後で文句を言ってやると愚痴っている彼に、激しく同意する。洗車したての愛車になんてことをしてくれるんだ。
たとえ中古とは言え、必死に働いて自分のお金で買った愛しい車なのだ。
カラスごときに馬鹿にされる言われはない。新車と比べ光り方はだいぶ鈍いかもしれないが、定期的に洗車しているしそこまで汚くない。私の数少ない財産であり宝物なのだ。ガラス玉やハンガーを集めるような鳥に馬鹿にされたくない。
今猛烈に、空気の入れ替えをしようと窓を開けてしまった数秒前の私を、思いっきり怒鳴り散らしたい。そんな気持ちを汲むこともなく、びりっという音の後に冷静な声が再び聞こえた。
「あーあ、少し服が破れちまったよ」
ようやく助手席のイスにたどり着いた小さいおじさんは、自分の服を見ながら溜め息をついていた。おじさんの下にある桜色のクッションが、何ともちぐはぐな感じで笑いを誘う。

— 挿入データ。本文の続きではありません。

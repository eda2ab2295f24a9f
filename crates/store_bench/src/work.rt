// The pieces of work. Each answers the sum of one byte of every page that it saw.
ghost use Rattle.std.specs.Prelude.{◌≡◌, ◌<◌, false, None, OnOk};

use crate::calls;
use crate::what::StoreWork;
use bench_plan::Stop;
use store_api::{Page, Pages, Store};

// How many clean pages are in the cache once it is full.
const CACHED: u32 = 1024;

/// How many pages there are: so many that, fetched around, none is found in the cache.
pub const MANY: u32 = 8192;

// How many pages there are where each is edited again and again.
const FEW: u32 = 8;

/// Does a piece of work of that size so many times, on a store of many pages.
pub fn do_work<S: Store>(store: &mut S, work: StoreWork, size: u32, times: u32) -> Result<u64, Stop>
    requires going { (S.state store.old).ended ≡ false }
    requires unmarked { (S.state store.old).marked ≡ None }
{
    match work {
        StoreWork::Hot => return fetch_times(store, CACHED, size, times),
        StoreWork::Cold => return fetch_times(store, MANY, size, times),
        StoreWork::Commit => {
            fetch_around(store, CACHED, CACHED)?;
            commit_times(store, size, times)?;
        }
        StoreWork::Undo => {
            write_pages(store, size, &[5; 4096])?;
            undo_times(store, size, times)?;
        }
        StoreWork::First => {
            write_pages(store, size, &[5; 4096])?;
            edit_times(store, size, times)?;
        }
        StoreWork::Again => again(store, size, times)?,
    }
    fetch_around(store, MANY, MANY)
}

// Fetches so many pages so many times, around as many pages as were fetched before it.
fn fetch_times<S: Pages>(store: &mut S, round: u32, pages: u32, times: u32) -> Result<u64, Stop>
    requires going { (S.state store.old).ended ≡ false }
    requires round { 0 < round }
{
    fetch_around(store, round, round)?;
    fetch_around(store, round, pages.saturating_mul(times))
}

// Edits pages under one mark so many times, each of which was edited under it before.
fn again<S: Pages>(store: &mut S, edits: u32, times: u32) -> Result<(), Stop>
    requires going { (S.state store.old).ended ≡ false }
    requires unmarked { (S.state store.old).marked ≡ None }
    ensures { (S.state store.new).ended ≡ false }
{
    write_pages(store, FEW, &[5; 4096])?;
    store.mark();
    edit_pages(store, FEW)?;
    edit_rounds(store, FEW, (edits / FEW).saturating_mul(times))
}

// Fetches so many pages, from page 0 again after each round of that many.
fn fetch_around<S: Pages>(store: &mut S, round: u32, pages: u32) -> Result<u64, Stop>
    requires going { (S.state store.old).ended ≡ false }
    requires round { 0 < round }
    ensures going { (S.state store.new).ended ≡ false }
    ensures marked { (S.state store.new).marked ≡ (S.state store.old).marked }
{
    if round > store.count() {
        return Err(Stop::TooLarge);
    }
    let mut sum: u64 = 0;
    for i in 0..pages {
        store.fetch(i % round)?;
        sum = sum.wrapping_add(u64::from(store.page()[0]));
    }
    Ok(sum)
}

// Makes so many commits of so many pages.
fn commit_times<S: Store>(store: &mut S, pages: u32, times: u32) -> Result<(), Stop>
    requires going { (S.state store.old).ended ≡ false }
    requires unmarked { (S.state store.old).marked ≡ None }
    ensures going { OnOk result ((S.state store.new).ended ≡ false) }
{
    for _ in 0..times {
        commit_pages(store, pages, &[7; 4096])?;
    }
    Ok(())
}

// Writes these bytes over each of so many pages behind page 0, and commits them.
fn commit_pages<S: Store>(store: &mut S, pages: u32, bytes: &Page) -> Result<(), Stop>
    requires going { (S.state store.old).ended ≡ false }
    requires unmarked { (S.state store.old).marked ≡ None }
    ensures going { OnOk result ((S.state store.new).ended ≡ false) }
    ensures unmarked { OnOk result ((S.state store.new).marked ≡ None) }
{
    write_pages(store, pages, bytes)?;
    calls::commit(store)
}

// Goes back so many times over so many pages.
fn undo_times<S: Pages>(store: &mut S, pages: u32, times: u32) -> Result<(), Stop>
    requires going { (S.state store.old).ended ≡ false }
    requires unmarked { (S.state store.old).marked ≡ None }
    ensures { (S.state store.new).ended ≡ false }
{
    for _ in 0..times {
        store.mark();
        write_pages(store, pages, &[7; 4096])?;
        store.undo();
    }
    Ok(())
}

// Edits each of so many pages once under a mark that is then kept, so many times.
fn edit_times<S: Pages>(store: &mut S, pages: u32, times: u32) -> Result<(), Stop>
    requires going { (S.state store.old).ended ≡ false }
    requires unmarked { (S.state store.old).marked ≡ None }
    ensures { (S.state store.new).ended ≡ false }
{
    for _ in 0..times {
        store.mark();
        edit_pages(store, pages)?;
        store.keep()?;
    }
    Ok(())
}

// Edits the first pages behind page 0 in so many rounds.
fn edit_rounds<S: Pages>(store: &mut S, pages: u32, rounds: u32) -> Result<(), Stop>
    requires { (S.state store.old).ended ≡ false }
    ensures { (S.state store.new).ended ≡ false }
{
    for _ in 0..rounds {
        edit_pages(store, pages)?;
    }
    Ok(())
}

// Edits each of so many pages behind page 0.
fn edit_pages<S: Pages>(store: &mut S, pages: u32) -> Result<(), Stop>
    requires { (S.state store.old).ended ≡ false }
    ensures going { (S.state store.new).ended ≡ false }
    ensures marked { (S.state store.new).marked ≡ (S.state store.old).marked }
{
    for i in 0..pages {
        calls::edit(store, i + 1, &[9; 10])?;
    }
    Ok(())
}

// Writes these bytes over each of so many pages behind page 0.
fn write_pages<S: Pages>(store: &mut S, pages: u32, bytes: &Page) -> Result<(), Stop>
    requires { (S.state store.old).ended ≡ false }
    ensures going { (S.state store.new).ended ≡ false }
    ensures marked { (S.state store.new).marked ≡ (S.state store.old).marked }
{
    for i in 0..pages {
        calls::write(store, i + 1, bytes)?;
    }
    Ok(())
}
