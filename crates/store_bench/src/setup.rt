// The file that is worked on.
ghost use Rattle.std.specs.Prelude.{◌≡◌, ◌+◌, ◌≤◌, false, None, IsTrue, IfOk, OnOk};

use crate::calls::{commit, fetch, write};
use bench_plan::{Stop, make_empty, opened};
use byteorder::{BigEndian, ByteOrder};
use mdc_outside::Host;
use page_store::FileStore;
use std::alloc::Global;
use store_api::{MAX_PAGES, Page, Pages, Store};

// A database may grow to so many extents. An empty one then has as many pages as an extent.
const EXTENTS: u32 = 7680;

const EXTENT_PAGES: u32 = 32;

// How many pages a file grows by in one commit: so few that a commit of many pages needs more memory than the growth did.
const STEP: u32 = 64;

/// Makes a file of at least so many pages, and opens it.
pub fn made<H: Host + Drop>(alloc: Global, mut host: H, pages: u32) -> Result<FileStore<H>, Stop>
    ensures going { IfOk result (λ store. (⟦<FileStore<H> as Pages>⟧.state store).ended ≡ false) }
    ensures unmarked { IfOk result (λ store. (⟦<FileStore<H> as Pages>⟧.state store).marked ≡ None) }
{
    make_empty(&mut host, EXTENTS, EXTENT_PAGES)?;
    let mut store = opened(alloc, host)?;
    grow_to(&mut store, pages)?;
    Ok(store)
}

// Adds whole extents until there are at least so many pages.
fn grow_to<S: Store>(store: &mut S, pages: u32) -> Result<(), Stop>
    requires going { (S.state store.old).ended ≡ false }
    requires unmarked { (S.state store.old).marked ≡ None }
    ensures going { OnOk result ((S.state store.new).ended ≡ false) }
    ensures unmarked { OnOk result ((S.state store.new).marked ≡ None) }
{
    if pages > MAX_PAGES - EXTENT_PAGES {
        return Err(Stop::TooLarge);
    }
    let pages = pages.next_multiple_of(EXTENT_PAGES);
    for _ in 0..=pages / STEP {
        let missing = pages.saturating_sub(store.count());
        grow(store, missing.min(STEP))?;
    }
    Ok(())
}

// Adds pages, and commits them.
fn grow<S: Store>(store: &mut S, n: u32) -> Result<(), Stop>
    requires going { (S.state store.old).ended ≡ false }
    requires unmarked { (S.state store.old).marked ≡ None }
    ensures going { OnOk result ((S.state store.new).ended ≡ false) }
    ensures unmarked { OnOk result ((S.state store.new).marked ≡ None) }
{
    if !has_room(store.count(), n) {
        return Err(Stop::TooLarge);
    }
    store.grow(n)?;
    fetch(store, 0)?;
    let root = with_count(store.page(), store.count());
    write(store, 0, &root)?;
    commit(store)
}

// Whether a store of so many pages has room for n more.
fn has_room(count: u32, n: u32) -> bool
    ensures { IsTrue result → count + n ≤ 262289 }
{
    n <= MAX_PAGES && count <= MAX_PAGES - n
}

// A page 0 that states this number of pages.
fn with_count(root: &Page, count: u32) -> Page {
    let mut root = *root;
    BigEndian::write_u32(&mut root[8..], count);
    root
}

普段の私だったら、いつも偉そうな四十路ちかい中年の上司が若い奥さんをもらい、ハートが沢山ちりばめられたお弁当を真っ赤な顔して食べているのをみて、吹き出したとき並みには笑っていただろう。あのときは笑いながらも、海苔も煮物のにんじんもすべてハートだったのをみて、これはどれだけ時間をかけているのだろうと疑問に思った。……だが、今は深刻な状況なので笑う気は起きない。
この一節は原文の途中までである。